Para el Gobierno, la relación con los gobernadores está rota

Tras la vuelta a comisión de la Ley de Ómnibus, desde la Casa Rosada asumen que se rompió la relación con gobernadores.

POR REDACCIÓN

07 de febrero de 2024
Muchos aseguran que la vuelta de la Ley Ómnibus a foja cero fue una derrota para el Gobierno. Foto: gentileza.

“Con traidores no se puede negociar”, se quejó un funcionario nacional cercano al Presidente horas después de la caída de la Ley Ómnibus. Habían pasado pocas horas de la fallida sesión y en la Casa Rosada la tensión estaba en todos los pasillos. El fastidio impreso en sus palabras es el mismo que en público expusieron el presidente del bloque de La Libertad Avanza, Oscar Zago, y el ministro del Interior, Guillermo Francos después de la votación. Un conjunto de voces que desnudan el enojo por la derrota y la resignación de una incipiente crisis política.

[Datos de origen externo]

//! What chains list: rows of one path, ids that aren't normal, and rows that a partner or a reserve doesn't list.
ghost use Rattle.std.specs.Prelude.{◌≡◌, ◌≤◌, ◌&&◌, length};
ghost use Rattle.std.specs.List.{list_any};
ghost use Rattle.std.specs.Ordering.{eq_by_cmp};
ghost use Rattle.locations.specs.Order.{junctions_cmp};
ghost use Rattle.locations.specs.Chains.{path_of};
ghost use Rattle.asset_lists.specs.Listed.{same_kind};
ghost use Rattle.chain_ids.specs.Chains as chain_ids;
ghost use Rattle.law_coherence.specs.Networks.{is_native_role};
ghost use Rattle.law_coherence.specs.Causes as causes;
ghost use Rattle.network_coherence.specs.Answers.{finding_of, document_table, tables_in};
ghost use Rattle.network_coherence.specs.Parts as parts;
ghost use Rattle.network_coherence.specs.Parts.{paths_twice, ids_not_normal};

use crate::paths::{context_of, is_asset, is_normal, same_chain, same_path};
use crate::{Incoherent, IncoherentCause};
use chain_ids::ChainId;
use locations::Junctions;
use network_spec::{ChainSpec, NetworkSpec};
use trust_tables::{AssetRole, AssetRow};

// ---- rows of one chain

/// Whether one of the later rows has the row's path.
fn is_repeated(spec: &NetworkSpec, chain: &ChainSpec, row: &AssetRow, later: &[AssetRow]) -> bool
    ensures { result ≡ list_any (causes.same_path (document_table spec.now chain.now) row.now)
        later.now }
{
    let context = context_of(spec, chain);
    later
        .iter()
        .any(|other| same_path(&context, &row.id, &context, &other.id))
}

/// Whether two rows of a chain have the same path.
fn has_path_twice(spec: &NetworkSpec, chain: &ChainSpec) -> bool
    ensures { result ≡ causes.has_path_twice (document_table spec.now chain.now) chain.now.assets }
{
    let mut rows = chain.assets.items();
    while let Some((row, later)) = rows.split_first() {
        if is_repeated(spec, chain, row, later) {
            return true;
        }
        rows = later;
    }
    false
}

/// The first chain with two rows of the same path.
pub(crate) fn path_twice(spec: &NetworkSpec) -> Option<Incoherent>
    ensures { finding_of result ≡ paths_twice (tables_in spec.now) }
{
    let chains = spec.chains.items();
    for chain in chains {
        if has_path_twice(spec, chain) {
            return Some(Incoherent {
                cause: IncoherentCause::PathTwice,
                first: chain.chain,
                second: chain.chain,
            });
        }
    }
    None
}

/// The first of a chain's rows whose id isn't the shortest name of its location.
fn chain_not_normal(spec: &NetworkSpec, chain: &ChainSpec) -> Option<Incoherent>
    ensures { finding_of result ≡ parts.id_not_normal (document_table spec.now chain.now) }
{
    let context = context_of(spec, chain);
    let rows = chain.assets.items();
    for row in rows {
        if !is_normal(&context, &row.id) {
            return Some(Incoherent {
                cause: IncoherentCause::IdNotNormal,
                first: chain.chain,
                second: chain.chain,
            });
        }
    }
    None
}

/// The first chain with an id that isn't the shortest name of its location.
pub(crate) fn id_not_normal(spec: &NetworkSpec) -> Option<Incoherent>
    ensures { finding_of result ≡ ids_not_normal (tables_in spec.now) }
{
    let chains = spec.chains.items();
    for chain in chains {
        if let Some(found) = chain_not_normal(spec, chain) {
            return Some(found);
        }
    }
    None
}

// ---- the row at another chain

/// Where a search among the rows begins: a few rows before a place. For speed: chains usually list an asset at about the same place.
fn begin_of(rows: &[AssetRow], place: usize) -> usize
    ensures { result ≤ length rows.now }
{
    rows.len().min(place.saturating_sub(4))
}

/// Whether a chain is one of these.
fn is_among(chains: &[ChainId], chain: ChainId) -> bool
    ensures { result ≡ list_any (λ partner. chain_ids.same_chain partner chain) chains.now }
{
    chains.iter().any(|other| same_chain(*other, chain))
}

/// Whether a role is that of a native asset with the chain as partner.
fn has_partner(chain: ChainId, role: &AssetRole) -> bool
    ensures { result ≡ causes.has_partner chain role.now }
{
    match role {
        AssetRole::Native { partners, .. } => is_among(partners.items(), chain),
        AssetRole::Derivative { .. } => false,
    }
}

/// Whether a role is that of a native asset.
pub(crate) fn is_native(role: &AssetRole) -> bool
    ensures { result ≡ is_native_role role.now }
{
    match role {
        AssetRole::Native { .. } => true,
        AssetRole::Derivative { .. } => false,
    }
}

/// Whether a row of another chain is of the row's asset, native, with the row's chain as partner.
fn is_back(
    home: &Junctions,
    chain: ChainId,
    row: &AssetRow,
    context: &Junctions,
    other: &AssetRow,
) -> bool
    ensures { result
        ≡ ((eq_by_cmp junctions_cmp (path_of context.now other.now.id) (path_of home.now row.now.id)
        && same_kind other.now.kind row.now.kind)
        && causes.has_partner chain other.now.role) }
{
    is_asset(context, &other.id, other.kind, home, row) && has_partner(chain, &other.role)
}

/// Whether one of these rows is of the row's asset, native, with the row's chain as partner.
fn some_back(
    home: &Junctions,
    chain: ChainId,
    row: &AssetRow,
    context: &Junctions,
    rows: &[AssetRow],
) -> bool
    ensures { result
        ≡ list_any (λ other. (eq_by_cmp junctions_cmp (path_of context.now other.id) (path_of home.now row.now.id)
        && same_kind other.kind row.now.kind)
        && causes.has_partner chain other.role) rows.now }
{
    rows.iter()
        .any(|other| is_back(home, chain, row, context, other))
}

/// Whether the second chain lists the row's asset as native with the first chain as partner. The search begins close to a place.
fn has_back(
    spec: &NetworkSpec,
    here: &ChainSpec,
    row: &AssetRow,
    place: usize,
    there: &ChainSpec,
) -> bool
    ensures { result ≡ parts.has_back (document_table spec.now here.now) row.now
        (document_table spec.now there.now) }
{
    let home = context_of(spec, here);
    let context = context_of(spec, there);
    let rows = there.assets.items();
    let (before, after) = rows.split_at(begin_of(rows, place));
    some_back(&home, here.chain, row, &context, after)
        || some_back(&home, here.chain, row, &context, before)
}

/// Whether the second chain is this one, and lists the row's asset as native with the first chain as partner.
fn lists_back(
    spec: &NetworkSpec,
    here: &ChainSpec,
    row: &AssetRow,
    place: usize,
    chain: ChainId,
    there: &ChainSpec,
) -> bool
    ensures { result ≡ causes.lists_back (document_table spec.now here.now) row.now chain
        (document_table spec.now there.now) }
{
    same_chain(there.chain, chain) && has_back(spec, here, row, place, there)
}

/// Whether one of these chains lists the row's asset so.
fn some_lists_back(
    spec: &NetworkSpec,
    here: &ChainSpec,
    row: &AssetRow,
    place: usize,
    chain: ChainId,
    chains: &[ChainSpec],
) -> bool
    ensures { result ≡ list_any
        (λ there. causes.lists_back (document_table spec.now here.now) row.now
        chain (document_table spec.now there)) chains.now }
{
    chains
        .iter()
        .any(|there| lists_back(spec, here, row, place, chain, there))
}

/// Whether the chain is there, and lists the row's asset as native with the row's chain as partner.
fn is_listed_back(
    spec: &NetworkSpec,
    here: &ChainSpec,
    row: &AssetRow,
    place: usize,
    chain: ChainId,
) -> bool
    ensures { result ≡ list_any (causes.lists_back (document_table spec.now here.now) row.now chain)
        (tables_in spec.now) }
{
    some_lists_back(spec, here, row, place, chain, spec.chains.items())
}

/// The first of a row's partners that doesn't list the asset as native with the row's chain as partner.
fn first_unlisted(
    spec: &NetworkSpec,
    here: &ChainSpec,
    row: &AssetRow,
    place: usize,
    partners: &[ChainId],
) -> Option<Incoherent>
    ensures { finding_of result ≡ parts.first_unlisted (tables_in spec.now)
        (document_table spec.now here.now) row.now partners.now }
{
    for partner in partners {
        if !is_listed_back(spec, here, row, place, *partner) {
            return Some(Incoherent {
                cause: IncoherentCause::PartnerUnlisted,
                first: here.chain,
                second: *partner,
            });
        }
    }
    None
}

/// A row's first partner that doesn't list the asset so; a derivative has no partners.
fn row_partner(
    spec: &NetworkSpec,
    here: &ChainSpec,
    row: &AssetRow,
    place: usize,
) -> Option<Incoherent>
    ensures { finding_of result ≡ causes.partner_unlisted (tables_in spec.now)
        (document_table spec.now here.now) row.now row.now.role }
{
    match &row.role {
        AssetRole::Native { partners, .. } => first_unlisted(
            spec,
            here,
            row,
            place,
            partners.items(),
        ),
        AssetRole::Derivative { .. } => None,
    }
}

/// The first such partner of a chain's rows.
fn chain_partner(spec: &NetworkSpec, here: &ChainSpec) -> Option<Incoherent>
    ensures { finding_of result ≡ parts.partners_unlisted_at (tables_in spec.now)
        (document_table spec.now here.now) }
{
    let rows = here.assets.items();
    let mut place: usize = 0;
    for row in rows {
        if let Some(found) = row_partner(spec, here, row, place) {
            return Some(found);
        }
        place = place.saturating_add(1);
    }
    None
}

/// The first partner that doesn't list the asset as native with the row's chain as partner.
pub(crate) fn partner_unlisted(spec: &NetworkSpec) -> Option<Incoherent>
    ensures { finding_of result ≡ parts.partners_unlisted (tables_in spec.now)
        (tables_in spec.now) }
{
    let chains = spec.chains.items();
    for here in chains {
        if let Some(found) = chain_partner(spec, here) {
            return Some(found);
        }
    }
    None
}

/// Whether a row of another chain is of the row's asset, and native.
fn is_source(home: &Junctions, row: &AssetRow, context: &Junctions, other: &AssetRow) -> bool
    ensures { result
        ≡ ((eq_by_cmp junctions_cmp (path_of context.now other.now.id) (path_of home.now row.now.id)
        && same_kind other.now.kind row.now.kind) && is_native_role other.now.role) }
{
    is_native(&other.role) && is_asset(context, &other.id, other.kind, home, row)
}

/// Whether one of these rows is of the row's asset, and native.
fn some_source(home: &Junctions, row: &AssetRow, context: &Junctions, rows: &[AssetRow]) -> bool
    ensures { result
        ≡ list_any (λ other. (eq_by_cmp junctions_cmp (path_of context.now other.id) (path_of home.now row.now.id)
        && same_kind other.kind row.now.kind) && is_native_role other.role) rows.now }
{
    rows.iter()
        .any(|other| is_source(home, row, context, other))
}

/// Whether the second chain lists the row's asset as native. The search begins close to a place.
fn has_source(
    spec: &NetworkSpec,
    here: &ChainSpec,
    row: &AssetRow,
    place: usize,
    there: &ChainSpec,
) -> bool
    ensures { result ≡ parts.has_source (document_table spec.now here.now) row.now
        (document_table spec.now there.now) }
{
    let home = context_of(spec, here);
    let context = context_of(spec, there);
    let rows = there.assets.items();
    let (before, after) = rows.split_at(begin_of(rows, place));
    some_source(&home, row, &context, after) || some_source(&home, row, &context, before)
}

/// Whether the second chain is this one, and lists the row's asset as native.
fn lists_native(
    spec: &NetworkSpec,
    here: &ChainSpec,
    row: &AssetRow,
    place: usize,
    chain: ChainId,
    there: &ChainSpec,
) -> bool
    ensures { result ≡ causes.lists_native (document_table spec.now here.now) row.now chain
        (document_table spec.now there.now) }
{
    same_chain(there.chain, chain) && has_source(spec, here, row, place, there)
}

/// Whether one of these chains lists the row's asset so.
fn some_lists_native(
    spec: &NetworkSpec,
    here: &ChainSpec,
    row: &AssetRow,
    place: usize,
    chain: ChainId,
    chains: &[ChainSpec],
) -> bool
    ensures { result ≡ list_any
        (λ there. causes.lists_native (document_table spec.now here.now) row.now
        chain (document_table spec.now there)) chains.now }
{
    chains
        .iter()
        .any(|there| lists_native(spec, here, row, place, chain, there))
}

/// Whether the chain is there, and lists the row's asset as native.
fn is_native_at(
    spec: &NetworkSpec,
    here: &ChainSpec,
    row: &AssetRow,
    place: usize,
    chain: ChainId,
) -> bool
    ensures { result ≡ list_any
        (causes.lists_native (document_table spec.now here.now) row.now chain)
        (tables_in spec.now) }
{
    some_lists_native(spec, here, row, place, chain, spec.chains.items())
}

/// A row's reserve, where it doesn't list the asset as native; a native asset has no reserve.
fn row_reserve(
    spec: &NetworkSpec,
    here: &ChainSpec,
    row: &AssetRow,
    place: usize,
) -> Option<Incoherent>
    ensures { finding_of result ≡ causes.reserve_unlisted (tables_in spec.now)
        (document_table spec.now here.now) row.now row.now.role }
{
    match &row.role {
        AssetRole::Native { .. } => None,
        AssetRole::Derivative { reserve } => {
            if is_native_at(spec, here, row, place, *reserve) {
                return None;
            }
            Some(Incoherent {
                cause: IncoherentCause::ReserveUnlisted,
                first: here.chain,
                second: *reserve,
            })
        }
    }
}

/// The first such reserve of a chain's rows.
fn chain_reserve(spec: &NetworkSpec, here: &ChainSpec) -> Option<Incoherent>
    ensures { finding_of result ≡ parts.reserves_unlisted_at (tables_in spec.now)
        (document_table spec.now here.now) }
{
    let rows = here.assets.items();
    let mut place: usize = 0;
    for row in rows {
        if let Some(found) = row_reserve(spec, here, row, place) {
            return Some(found);
        }
        place = place.saturating_add(1);
    }
    None
}

/// The first reserve that doesn't list the asset as native.
pub(crate) fn reserve_unlisted(spec: &NetworkSpec) -> Option<Incoherent>
    ensures { finding_of result ≡ parts.reserves_unlisted (tables_in spec.now)
        (tables_in spec.now) }
{
    let chains = spec.chains.items();
    for here in chains {
        if let Some(found) = chain_reserve(spec, here) {
            return Some(found);
        }
    }
    None
}
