//! Paths of ids, and when two rows are of one asset.
ghost use Rattle.std.specs.Prelude.{List, ◌≡◌, ◌≢◌, ◌++◌, ◌&&◌, ◌↔◌, ◌≤◌, length, IsTrue};
ghost use Rattle.locations.specs.declared.grammar.Junction.{Junction};
ghost use Rattle.std.specs.Ordering.{eq_by_cmp};
ghost use Rattle.locations.specs.Order.{junctions_cmp};
ghost use Rattle.locations.specs.Chains as locations;
ghost use Rattle.locations.specs.Chains.{path_of, without_last};
ghost use Rattle.asset_lists.specs.Listed.{same_kind};
ghost use Rattle.chain_ids.specs.Chains.{same_chain};
ghost use Rattle.law_coherence.specs.Networks as networks;
ghost use Rattle.network_coherence.specs.Answers.{document_table};

use asset_lists::Kind;
use chain_ids::ChainId;
use locations::{Junction, Junctions, Location, are_apart};
use network_spec::{ChainSpec, NetworkSpec};
use trust_tables::{AssetRow, Site};

/// Whether two names are of one chain.
pub(crate) fn same_chain(a: ChainId, b: ChainId) -> bool
    ensures { result ≡ same_chain a b }
{
    match (a, b) {
        (ChainId::Relay, ChainId::Relay) => true,
        (ChainId::Para(a), ChainId::Para(b)) => a == b,
        _ => false,
    }
}

/// Whether two kinds are one.
pub(crate) fn same_kind(a: Kind, b: Kind) -> bool
    ensures { result ≡ same_kind a b }
{
    a == b
}

/// The junctions from the root of all networks to a chain of the network.
pub(crate) fn context_of(spec: &NetworkSpec, chain: &ChainSpec) -> Junctions
    ensures { result ≡ networks.context_of (document_table spec.now chain.now) }
{
    let site = Site {
        network: spec.network,
        chain: chain.chain,
    };
    site.path()
}

/// Whether two junctions are the same.
fn is_same(a: &Junction, b: &Junction) -> bool
    ensures { IsTrue result ↔ (a.now ≡ b.now) }
{
    a == b
}

/// Whether two lists of junctions are the same.
fn are_same(a: &[Junction], b: &[Junction]) -> bool
    ensures { IsTrue result ↔ (a.now ≡ b.now) }
{
    if a.len() != b.len() {
        return false;
    }
    for k in 0..a.len() {
        if !is_same(&a[k], &b[k]) {
            return false;
        }
    }
    true
}

/// Whether two lists are the same, each in two parts, of which the first list's front isn't the longer one.
fn is_same_split(
    front: &[Junction],
    back: &[Junction],
    long_front: &[Junction],
    short_back: &[Junction],
) -> bool
    requires { length front.now ≤ length long_front.now }
    ensures { IsTrue result ↔ (front.now ++ back.now ≡ long_front.now ++ short_back.now) }
{
    let (start, rest) = long_front.split_at(front.len());
    if !are_same(front, start) {
        return false;
    }
    if back.len() < rest.len() {
        return false;
    }
    let (middle, end) = back.split_at(rest.len());
    if !are_same(middle, rest) {
        return false;
    }
    are_same(end, short_back)
}

/// Whether two lists end with different numbers: whatever comes before them, the lists are then different. That is what paths differ in
/// most often.
fn ends_apart(a: &[Junction], b: &[Junction]) -> bool
    ensures { IsTrue result → (front other_front : List Junction)
        → front ++ a.now ≢ other_front ++ b.now }
{
    if a.is_empty() || b.is_empty() {
        return false;
    }
    are_apart(&a[a.len() - 1], &b[b.len() - 1])
}

/// Whether two lists are the same, each in two parts.
#[inline(never)]
fn is_same_list(
    front: &[Junction],
    back: &[Junction],
    other_front: &[Junction],
    other_back: &[Junction],
) -> bool
    ensures { IsTrue result ↔ (front.now ++ back.now ≡ other_front.now ++ other_back.now) }
{
    if front.len() <= other_front.len() {
        return is_same_split(front, back, other_front, other_back);
    }
    is_same_split(other_front, other_back, front, back)
}

/// The part of a chain's context that stays before an id's interior.
fn kept<'a>(context: &'a Junctions, id: &Location) -> &'a [Junction]
    ensures { result.now ≡ without_last id.now.parents context.now }
{
    let chain = context.items();
    let count = chain.len().saturating_sub(usize::from(id.parents));
    &chain[..count]
}

/// Whether two ids, each as seen from the chain of its context, have the same path. It takes no memory.
pub fn same_path(
    context: &Junctions,
    id: &Location,
    other_context: &Junctions,
    other_id: &Location,
) -> bool
    ensures { result ≡ eq_by_cmp junctions_cmp (path_of context.now id.now)
        (path_of other_context.now other_id.now) }
{
    let back = id.interior.items();
    let other_back = other_id.interior.items();
    if ends_apart(back, other_back) {
        return false;
    }
    let front = kept(context, id);
    let other_front = kept(other_context, other_id);
    is_same_list(front, back, other_front, other_back)
}

/// Whether an id's path and a kind are those of a row.
pub(crate) fn is_asset(
    context: &Junctions,
    id: &Location,
    kind: Kind,
    home: &Junctions,
    row: &AssetRow,
) -> bool
    ensures { result ≡ (eq_by_cmp junctions_cmp (path_of context.now id.now)
        (path_of home.now row.now.id) && same_kind kind row.now.kind) }
{
    same_kind(kind, row.kind) && same_path(context, id, home, &row.id)
}

/// Whether an id is the shortest name of its location.
pub(crate) fn is_normal(context: &Junctions, id: &Location) -> bool
    ensures { result ≡ locations.is_normal context.now id.now }
{
    id.is_normal(context)
}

La furia que Milei derramó en sus redes sociales a miles de kilómetros de Buenos Aires hizo eco en las entrañas del Gobierno. Los funcionarios de primera línea aseguran que el rechazo de la ley “era una opción posible”. Lo estaban esperando. Eran conscientes de la cercanía con el fracaso. Tanto es así que en el Gobierno asimilan que el proyecto de ley “está muerto”. Ven inviable la posibilidad de que el texto vuelva a enviarse para ser tratado en comisión. Se terminó. Hay que llevar a cabo otro plan de acción.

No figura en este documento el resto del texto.